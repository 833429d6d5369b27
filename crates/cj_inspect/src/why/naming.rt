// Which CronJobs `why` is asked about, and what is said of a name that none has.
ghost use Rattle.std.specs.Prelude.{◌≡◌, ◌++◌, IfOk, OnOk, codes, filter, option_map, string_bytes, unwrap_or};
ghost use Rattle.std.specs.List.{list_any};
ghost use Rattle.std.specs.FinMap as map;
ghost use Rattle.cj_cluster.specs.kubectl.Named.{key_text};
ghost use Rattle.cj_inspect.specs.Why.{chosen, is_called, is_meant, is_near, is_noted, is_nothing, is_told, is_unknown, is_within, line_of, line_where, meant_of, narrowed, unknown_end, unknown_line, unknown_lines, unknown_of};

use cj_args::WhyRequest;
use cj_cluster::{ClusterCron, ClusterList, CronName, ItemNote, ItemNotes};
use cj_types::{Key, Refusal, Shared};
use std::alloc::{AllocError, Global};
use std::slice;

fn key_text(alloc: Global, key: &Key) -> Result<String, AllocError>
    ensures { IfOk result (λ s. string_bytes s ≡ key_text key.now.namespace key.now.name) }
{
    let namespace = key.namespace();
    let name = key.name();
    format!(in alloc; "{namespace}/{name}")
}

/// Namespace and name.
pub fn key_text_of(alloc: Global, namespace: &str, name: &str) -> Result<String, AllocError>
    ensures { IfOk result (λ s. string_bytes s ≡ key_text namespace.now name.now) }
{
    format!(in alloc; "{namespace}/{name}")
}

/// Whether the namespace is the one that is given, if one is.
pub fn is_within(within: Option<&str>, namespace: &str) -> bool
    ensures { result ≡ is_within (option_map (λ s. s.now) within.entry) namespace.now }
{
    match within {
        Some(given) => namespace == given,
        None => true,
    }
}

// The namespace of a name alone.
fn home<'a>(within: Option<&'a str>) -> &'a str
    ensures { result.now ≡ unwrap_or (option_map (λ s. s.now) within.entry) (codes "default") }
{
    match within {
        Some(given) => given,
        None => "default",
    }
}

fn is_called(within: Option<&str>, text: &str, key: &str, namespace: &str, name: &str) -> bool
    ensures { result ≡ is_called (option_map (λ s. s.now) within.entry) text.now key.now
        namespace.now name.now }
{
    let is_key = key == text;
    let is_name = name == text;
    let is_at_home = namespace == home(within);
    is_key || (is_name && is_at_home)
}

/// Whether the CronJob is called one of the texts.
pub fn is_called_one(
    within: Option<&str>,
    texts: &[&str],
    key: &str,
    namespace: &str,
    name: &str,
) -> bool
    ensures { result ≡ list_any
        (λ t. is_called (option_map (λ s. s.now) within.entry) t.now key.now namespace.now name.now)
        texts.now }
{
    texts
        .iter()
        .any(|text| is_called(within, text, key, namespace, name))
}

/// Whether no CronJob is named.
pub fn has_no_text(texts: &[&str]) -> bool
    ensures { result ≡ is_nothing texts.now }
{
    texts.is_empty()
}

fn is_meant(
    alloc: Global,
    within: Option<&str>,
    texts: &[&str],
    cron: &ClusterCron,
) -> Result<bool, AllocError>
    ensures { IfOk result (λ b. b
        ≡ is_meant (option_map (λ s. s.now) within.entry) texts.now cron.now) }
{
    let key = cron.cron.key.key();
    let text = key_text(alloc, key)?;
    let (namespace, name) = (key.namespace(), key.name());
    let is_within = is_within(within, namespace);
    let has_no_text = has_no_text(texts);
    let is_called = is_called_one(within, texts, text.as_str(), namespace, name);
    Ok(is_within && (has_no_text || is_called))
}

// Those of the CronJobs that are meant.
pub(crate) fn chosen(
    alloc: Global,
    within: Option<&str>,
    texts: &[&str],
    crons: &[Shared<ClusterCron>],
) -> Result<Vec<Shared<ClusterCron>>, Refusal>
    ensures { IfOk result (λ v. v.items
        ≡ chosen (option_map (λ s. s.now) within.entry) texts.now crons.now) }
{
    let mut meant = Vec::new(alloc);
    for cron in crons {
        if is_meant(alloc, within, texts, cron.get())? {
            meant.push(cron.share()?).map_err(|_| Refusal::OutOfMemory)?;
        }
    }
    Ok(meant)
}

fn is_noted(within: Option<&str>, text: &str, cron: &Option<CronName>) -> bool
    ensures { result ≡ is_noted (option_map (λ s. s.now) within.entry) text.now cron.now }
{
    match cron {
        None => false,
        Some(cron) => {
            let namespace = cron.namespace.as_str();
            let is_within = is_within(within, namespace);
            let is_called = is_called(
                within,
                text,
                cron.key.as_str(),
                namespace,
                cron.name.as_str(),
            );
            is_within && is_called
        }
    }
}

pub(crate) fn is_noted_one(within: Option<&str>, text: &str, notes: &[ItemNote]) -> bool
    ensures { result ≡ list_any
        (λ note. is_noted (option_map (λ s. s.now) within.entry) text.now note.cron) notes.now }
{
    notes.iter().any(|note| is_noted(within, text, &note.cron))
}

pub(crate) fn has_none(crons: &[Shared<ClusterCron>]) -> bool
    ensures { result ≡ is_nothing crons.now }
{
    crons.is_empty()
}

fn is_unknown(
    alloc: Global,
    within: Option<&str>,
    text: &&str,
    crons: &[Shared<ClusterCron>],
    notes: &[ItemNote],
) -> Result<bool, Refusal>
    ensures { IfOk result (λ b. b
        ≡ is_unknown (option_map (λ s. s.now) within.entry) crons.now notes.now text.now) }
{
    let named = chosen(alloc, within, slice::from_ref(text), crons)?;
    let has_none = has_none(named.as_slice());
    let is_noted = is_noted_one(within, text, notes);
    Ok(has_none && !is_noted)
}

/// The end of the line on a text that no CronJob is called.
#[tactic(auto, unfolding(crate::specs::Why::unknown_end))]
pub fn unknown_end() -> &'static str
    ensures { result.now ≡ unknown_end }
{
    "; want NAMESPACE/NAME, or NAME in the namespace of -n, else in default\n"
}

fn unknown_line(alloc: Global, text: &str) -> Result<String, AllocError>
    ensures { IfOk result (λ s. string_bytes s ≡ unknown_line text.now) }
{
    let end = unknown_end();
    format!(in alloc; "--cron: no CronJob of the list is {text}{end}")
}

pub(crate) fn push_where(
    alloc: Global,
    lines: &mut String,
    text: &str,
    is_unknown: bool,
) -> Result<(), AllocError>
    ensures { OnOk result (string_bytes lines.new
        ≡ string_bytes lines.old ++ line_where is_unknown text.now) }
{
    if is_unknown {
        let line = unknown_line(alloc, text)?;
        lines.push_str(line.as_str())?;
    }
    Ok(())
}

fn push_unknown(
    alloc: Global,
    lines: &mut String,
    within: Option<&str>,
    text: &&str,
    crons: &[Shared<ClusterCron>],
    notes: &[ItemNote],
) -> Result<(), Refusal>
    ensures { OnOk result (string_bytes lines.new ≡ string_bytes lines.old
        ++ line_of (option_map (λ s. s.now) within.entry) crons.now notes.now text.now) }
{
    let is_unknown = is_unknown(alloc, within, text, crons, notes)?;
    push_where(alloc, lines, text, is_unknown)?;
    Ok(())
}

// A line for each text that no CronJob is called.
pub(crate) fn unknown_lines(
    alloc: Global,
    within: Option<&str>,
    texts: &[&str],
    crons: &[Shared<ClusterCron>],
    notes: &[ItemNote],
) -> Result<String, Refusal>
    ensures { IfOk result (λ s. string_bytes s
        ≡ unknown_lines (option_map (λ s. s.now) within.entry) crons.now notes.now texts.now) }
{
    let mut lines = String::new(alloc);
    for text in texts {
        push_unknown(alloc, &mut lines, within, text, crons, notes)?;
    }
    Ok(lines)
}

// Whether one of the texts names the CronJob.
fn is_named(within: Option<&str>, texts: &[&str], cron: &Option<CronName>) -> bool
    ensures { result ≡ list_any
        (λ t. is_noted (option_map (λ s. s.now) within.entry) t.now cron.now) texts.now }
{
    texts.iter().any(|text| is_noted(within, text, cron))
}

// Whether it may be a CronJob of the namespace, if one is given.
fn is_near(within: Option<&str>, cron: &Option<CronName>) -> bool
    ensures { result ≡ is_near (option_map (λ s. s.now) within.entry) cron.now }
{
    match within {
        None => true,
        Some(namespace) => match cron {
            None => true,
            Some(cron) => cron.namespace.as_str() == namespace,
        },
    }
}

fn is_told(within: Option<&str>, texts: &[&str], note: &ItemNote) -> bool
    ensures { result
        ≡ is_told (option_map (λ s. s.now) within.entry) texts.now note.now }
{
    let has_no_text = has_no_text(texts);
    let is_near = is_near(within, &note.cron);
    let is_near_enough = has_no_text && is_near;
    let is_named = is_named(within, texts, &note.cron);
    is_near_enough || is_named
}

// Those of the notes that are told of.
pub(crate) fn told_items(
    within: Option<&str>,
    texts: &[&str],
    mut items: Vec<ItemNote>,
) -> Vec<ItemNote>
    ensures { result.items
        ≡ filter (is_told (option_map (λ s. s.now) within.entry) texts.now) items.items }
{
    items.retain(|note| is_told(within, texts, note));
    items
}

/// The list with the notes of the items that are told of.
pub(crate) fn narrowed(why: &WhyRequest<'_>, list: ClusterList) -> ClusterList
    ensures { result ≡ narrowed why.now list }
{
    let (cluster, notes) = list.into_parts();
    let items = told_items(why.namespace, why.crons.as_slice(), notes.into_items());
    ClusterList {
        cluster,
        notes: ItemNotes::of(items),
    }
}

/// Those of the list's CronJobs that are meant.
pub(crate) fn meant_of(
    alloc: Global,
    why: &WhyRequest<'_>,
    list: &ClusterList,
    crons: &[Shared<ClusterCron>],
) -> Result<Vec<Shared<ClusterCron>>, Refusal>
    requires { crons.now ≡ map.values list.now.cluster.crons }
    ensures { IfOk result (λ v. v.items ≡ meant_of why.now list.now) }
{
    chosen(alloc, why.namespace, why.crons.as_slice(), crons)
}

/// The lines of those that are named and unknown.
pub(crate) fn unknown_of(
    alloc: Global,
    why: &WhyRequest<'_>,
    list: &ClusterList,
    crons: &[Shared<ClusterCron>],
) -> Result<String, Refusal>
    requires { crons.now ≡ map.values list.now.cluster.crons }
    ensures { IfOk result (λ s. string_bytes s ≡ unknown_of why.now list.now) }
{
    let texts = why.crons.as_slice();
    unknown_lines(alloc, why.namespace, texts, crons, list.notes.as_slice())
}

---

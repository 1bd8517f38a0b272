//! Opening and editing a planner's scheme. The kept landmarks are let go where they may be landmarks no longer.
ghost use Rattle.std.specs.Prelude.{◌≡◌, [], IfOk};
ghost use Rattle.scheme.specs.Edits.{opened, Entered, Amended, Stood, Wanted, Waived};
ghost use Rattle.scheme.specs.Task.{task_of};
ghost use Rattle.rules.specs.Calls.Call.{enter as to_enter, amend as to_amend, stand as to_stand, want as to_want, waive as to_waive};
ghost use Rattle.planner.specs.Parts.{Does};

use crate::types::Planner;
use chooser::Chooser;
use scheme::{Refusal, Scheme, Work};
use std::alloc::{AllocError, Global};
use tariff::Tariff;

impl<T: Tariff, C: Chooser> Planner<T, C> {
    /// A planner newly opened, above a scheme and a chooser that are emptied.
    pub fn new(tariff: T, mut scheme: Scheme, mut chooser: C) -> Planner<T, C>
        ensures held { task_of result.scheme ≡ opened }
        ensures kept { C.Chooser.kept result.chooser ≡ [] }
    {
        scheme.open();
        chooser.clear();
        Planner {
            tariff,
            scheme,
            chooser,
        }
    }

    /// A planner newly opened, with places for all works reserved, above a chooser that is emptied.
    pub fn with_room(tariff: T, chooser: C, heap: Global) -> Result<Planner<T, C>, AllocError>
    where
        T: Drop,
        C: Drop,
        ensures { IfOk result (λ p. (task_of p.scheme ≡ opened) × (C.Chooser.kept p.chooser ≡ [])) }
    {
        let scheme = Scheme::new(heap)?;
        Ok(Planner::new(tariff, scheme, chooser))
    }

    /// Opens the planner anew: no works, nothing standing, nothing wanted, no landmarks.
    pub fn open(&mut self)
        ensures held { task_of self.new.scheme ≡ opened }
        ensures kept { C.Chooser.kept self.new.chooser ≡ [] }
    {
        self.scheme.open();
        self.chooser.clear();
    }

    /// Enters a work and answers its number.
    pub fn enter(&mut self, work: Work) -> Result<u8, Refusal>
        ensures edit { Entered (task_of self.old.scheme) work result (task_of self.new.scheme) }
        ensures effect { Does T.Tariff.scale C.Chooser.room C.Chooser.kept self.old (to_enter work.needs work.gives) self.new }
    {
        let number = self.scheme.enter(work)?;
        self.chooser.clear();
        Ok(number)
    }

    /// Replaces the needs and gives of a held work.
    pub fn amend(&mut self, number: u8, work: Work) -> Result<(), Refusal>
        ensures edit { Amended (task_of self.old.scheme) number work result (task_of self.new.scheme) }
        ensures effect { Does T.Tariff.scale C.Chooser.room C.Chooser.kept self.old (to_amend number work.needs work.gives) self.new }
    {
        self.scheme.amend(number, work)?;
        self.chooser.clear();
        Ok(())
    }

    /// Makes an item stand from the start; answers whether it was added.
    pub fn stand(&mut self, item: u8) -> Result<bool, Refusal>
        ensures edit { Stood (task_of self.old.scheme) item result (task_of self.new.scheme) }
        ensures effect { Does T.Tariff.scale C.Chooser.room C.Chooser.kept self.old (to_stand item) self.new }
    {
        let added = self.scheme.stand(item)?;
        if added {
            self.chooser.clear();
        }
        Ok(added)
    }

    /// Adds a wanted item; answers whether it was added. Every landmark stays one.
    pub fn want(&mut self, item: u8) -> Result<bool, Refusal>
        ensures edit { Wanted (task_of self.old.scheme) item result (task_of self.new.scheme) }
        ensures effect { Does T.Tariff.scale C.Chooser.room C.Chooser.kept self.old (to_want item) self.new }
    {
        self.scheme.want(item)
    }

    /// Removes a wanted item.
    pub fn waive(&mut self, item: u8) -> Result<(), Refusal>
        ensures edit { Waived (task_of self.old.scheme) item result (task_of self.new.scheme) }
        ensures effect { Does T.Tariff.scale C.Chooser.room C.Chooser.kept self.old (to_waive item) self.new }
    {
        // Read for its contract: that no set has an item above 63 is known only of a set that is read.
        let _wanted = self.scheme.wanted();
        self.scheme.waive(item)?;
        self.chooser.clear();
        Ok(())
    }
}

--

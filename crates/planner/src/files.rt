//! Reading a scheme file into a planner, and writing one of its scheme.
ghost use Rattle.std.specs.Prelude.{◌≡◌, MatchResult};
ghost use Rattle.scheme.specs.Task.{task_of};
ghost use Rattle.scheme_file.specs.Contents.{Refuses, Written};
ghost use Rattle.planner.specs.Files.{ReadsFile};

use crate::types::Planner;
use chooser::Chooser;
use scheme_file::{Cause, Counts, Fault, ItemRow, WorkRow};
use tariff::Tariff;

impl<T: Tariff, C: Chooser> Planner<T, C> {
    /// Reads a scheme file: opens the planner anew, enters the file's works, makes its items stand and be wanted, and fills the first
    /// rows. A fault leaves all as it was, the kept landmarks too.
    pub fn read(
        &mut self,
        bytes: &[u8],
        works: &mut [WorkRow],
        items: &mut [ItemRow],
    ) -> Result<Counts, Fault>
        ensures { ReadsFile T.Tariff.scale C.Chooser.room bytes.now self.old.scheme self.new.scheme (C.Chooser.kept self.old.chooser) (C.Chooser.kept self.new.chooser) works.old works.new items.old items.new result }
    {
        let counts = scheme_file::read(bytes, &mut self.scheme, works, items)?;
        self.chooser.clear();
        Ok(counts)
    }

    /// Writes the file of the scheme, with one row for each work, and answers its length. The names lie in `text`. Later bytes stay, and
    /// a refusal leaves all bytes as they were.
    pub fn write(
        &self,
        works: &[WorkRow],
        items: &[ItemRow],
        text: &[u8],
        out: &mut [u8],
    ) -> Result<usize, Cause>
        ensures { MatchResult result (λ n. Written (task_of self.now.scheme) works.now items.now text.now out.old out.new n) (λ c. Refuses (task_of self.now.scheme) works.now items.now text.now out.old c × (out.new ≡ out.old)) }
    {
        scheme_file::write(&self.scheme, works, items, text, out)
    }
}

-- WORK TO BE COMPLETED --
Working through the records above, copy each line in which "ItemNotes" is found.

-- TASK ANSWER --
use cj_cluster::{ClusterCron, ClusterList, CronName, ItemNote, ItemNotes};
        notes: ItemNotes::of(items),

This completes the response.